Posted by Rampant Coyote on February 23, 2018

I’m a gamer. I’ve been a gamer for a long time. I had a career making video games. When I first started getting interested in Virtual Reality and Augmented Reality (two elements of “cyberpunk” that actually sounded desirable), it was the early 1990s, and there was very little of either technology to be found outside of university labs. Being a gamer, the obvious and most important application for this technology (whenever it would arrive… which I optimistically expected within just a few years) was gaming. I wanted to play VR games. The upcoming crop of 3D games (without hardware acceleration, back in those days…) would be so improved with faster computers and VR.

Now we’re here. Gaming is still important to me. But I’m still finding, even now that I’m getting a tiny bit jaded, that what I want out of the technology isn’t just gaming. It’s experiences. Gaming is a category of experience. I’ve noticed that it doesn’t just seem to be me. I’ve noticed the word “experiences” being slung around a lot in relation to VR. Me from a few years ago sneers at the term, but the me who uses VR almost daily has come to embrace it.

The thing is, VR is so immersive that many gaming conventions actually break it. There were only half-joking comments among the developers about how Skyrim VR would take players twice as long to play because it is just so cool to stand around and look at things. It really is a thing. What’s up with that?

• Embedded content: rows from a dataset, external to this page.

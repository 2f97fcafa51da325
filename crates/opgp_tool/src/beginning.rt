//! The first octets of an input.

ghost use Rattle.std.specs.Prelude.{◌≡◌, ◌++◌, ℕ, List, []};
ghost use Rattle.opgp_tool.specs.Beginning.{IsBeginning};

use std::alloc::Global;

/// How many octets are kept at most.
const MOST: usize = 65_536;

/// The first octets of an input that comes in pieces. No memory for more of them ends what is kept.
#[derive(Drop)]
pub struct Beginning {
    octets: Vec<u8>,
    goes_on: bool,
}

impl Beginning {
    /// That of an input of which nothing has come. Allocates nothing.
    pub fn new(alloc: Global) -> Beginning
        ensures { IsBeginning result [] }
    {
        Beginning {
            octets: Vec::new(alloc),
            goes_on: true,
        }
    }

    /// The octets that are kept.
    pub fn octets(&self) -> &[u8]
        ensures { (input : List ℕ) → IsBeginning self.now input
            → (rest : List ℕ) × (input ≡ result.now ++ rest) }
    {
        self.octets.as_slice()
    }

    /// Keeps what is among the first octets of another piece of the input.
    pub fn add(&mut self, piece: &[u8])
        ensures { (input : List ℕ) → IsBeginning self.old input
            → IsBeginning self.new (input ++ piece.now) }
    {
        if !self.goes_on {
            return;
        }
        let room = MOST.saturating_sub(self.octets.len());
        let count = room.min(piece.len());
        match self.octets.extend_from_slice(&piece[..count]) {
            Ok(()) => {}
            Err(_) => self.goes_on = false,
        }
    }
}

There’s a theory  that “fun” is the brain’s reward for learning or mastering survival techniques, a hardwired reaction. Now, the deep lizard brain in charge of this stuff is still pretty primitive, but adaptable. What excites it and makes it believe we’re improving our chances of survival is a little fuzzy, and is a little different for all of us. In general, however, the closer we get to to basic survival in the physical world, the more likely it is to release a chemical hit of fun. Memorizing our multiplication tables in elementary school is probably a bit further removed from that basic experience to give most of us much of a thrill. Hitting things with other things in a first-person shooter, or identifying patterns and “gathering” or removing pieces from a board in video game, match real-life analogs of primitive survival skills for hunting and gathering, and more easily feel like “fun.”

VR is exponentially more convincing and “real” to that primitive part of the brain, which doesn’t listen to well when the cognitive and reasoning part of the brain tries to tell it, “Hey, this is just an illusion.” I have learned the hard way that it can be dangerous to try out a brand new VR experience right before bed. If I do, I may be tossing and turning for a couple of hours, even if I went to bed dog-tired. That deep part of my brain is too busy trying to process what I just experienced, convinced that it just went to a new place, and is frantically trying to come to grips with what to do and how to adapt.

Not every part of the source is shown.